# "yes, sir, that's my baby..."



## car_for_mom (Jul 15, 2002)

Well, here he is...nothing fancy, not AC Schnitzer-ed or Dinan-ed (hey, I had to save a long time to get him), but he's just great!:


----------



## PhilH (Jun 7, 2002)

I'm getting a red x. I don't think you can post pictures from imagestation. How about a link?


----------



## MotorenWerke (Apr 24, 2002)

ditto


----------



## rost12 (Dec 22, 2001)

Here's the small image imagestation allows me to see.
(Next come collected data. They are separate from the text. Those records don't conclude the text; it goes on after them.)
//! A bound on how late overruns can make the servers of a load.

ghost use Rattle.std.specs.Prelude.{◌≡◌};
ghost use Rattle.cbsrun_sizing.specs.Lateness.{greatest_delay, BoundsLateness};

use crate::server_load::{all_charges, most_charged};
use cbsrun_loads::Load;

/// Returns a bound on how late overruns can make a server of a load, in ticks. Each unit begins less than this many
/// ticks after its server's deadline. The bound is the greatest of the delays of all servers by the others. The others
/// delay a server by at most the sum of the greatest charges for one unit, one for each of them.
pub fn greatest_delay(load: &Load) -> u64
    ensures value { result ≡ greatest_delay load.now }
    ensures bounds { BoundsLateness load.now result }
{
    let sources = load.sources();
    let servers = load.plan().len() as u16;
    let charges = all_charges(sources, servers);
    let mut greatest = 0;
    for server in 0..servers {
        let delay = charges.saturating_sub(most_charged(sources, server));
        greatest = greatest.max(delay);
    }
    greatest
}
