#![tactic(auto)]
// The exports of mittenhelm_builds for C, as include/mittenhelm.h declares them: each says what the function that it calls says.
// Kept: C lends each table and each place by itself.
ghost use Rattle.std.specs.Prelude.{◌≡◌};
ghost use Rattle.build.specs.Build.{tables_of};
ghost use Rattle.mittenhelm_builds.specs.Words.{request_at, reply, start_replies, effect, distance_effect};

#[unsafe(no_mangle)]
pub extern "C" fn mittenhelm_start(
    bound: u32,
    keys: &[u64],
    distances: &[f32],
    firsts: &[u16],
    leaves: &[u64],
    queue: &[u64],
    state: &mut [u64],
    key: &mut u64,
    x: &mut f32,
    y: &mut f32,
    z: &mut f32,
    half: &mut f32,
) -> u32
    ensures { reply result state.new (request_at key.new x.new y.new z.new half.new)
        ≡ start_replies bound (tables_of keys.now distances.now firsts.now leaves.now queue.now)
        state.old (request_at key.old x.old y.old z.old half.old) }
{
    mittenhelm_builds::mittenhelm_start(
        bound, keys, distances, firsts, leaves, queue, state, key, x, y, z, half,
    )
}

#[unsafe(no_mangle)]
pub extern "C" fn mittenhelm_distance(
    state: &mut [u64],
    keys: &mut [u64],
    distances: &mut [f32],
    firsts: &mut [u16],
    leaves: &mut [u64],
    queue: &mut [u64],
    distance: f32,
    key: &mut u64,
    x: &mut f32,
    y: &mut f32,
    z: &mut f32,
    half: &mut f32,
) -> u32
    ensures { effect (reply result state.new (request_at key.new x.new y.new z.new half.new))
        (tables_of keys.new distances.new firsts.new leaves.new queue.new)
        ≡ distance_effect state.old distance (tables_of keys.old distances.old firsts.old leaves.old queue.old)
        (request_at key.old x.old y.old z.old half.old) }
{
    mittenhelm_builds::mittenhelm_distance(
        state, keys, distances, firsts, leaves, queue, distance, key, x, y, z, half,
    )
}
To see more I need to sign up 

By the way, nice topaz there, Car-for-mom! :thumbup:


----------



## PhilH (Jun 7, 2002)

Topaz sedan. :thumbup: 

Topaz was third on my list behind Steel Gray (which I ordered) and Orient Blue.


----------



## doeboy (Sep 20, 2002)

Looks great.... congrats! :thumbup:

Mine arrived at the port on Sat. that waiting for the car itch is getting worse.... :eeps:


----------



## Spectre (Aug 1, 2002)

Beautiful color that Topaz Blue. It'll probably be replaced by Mystic Blue (whatever that looks like) before I can order my car this spring. 

Enjoy Karl, Car_for_Mom. You've got a beauty.


----------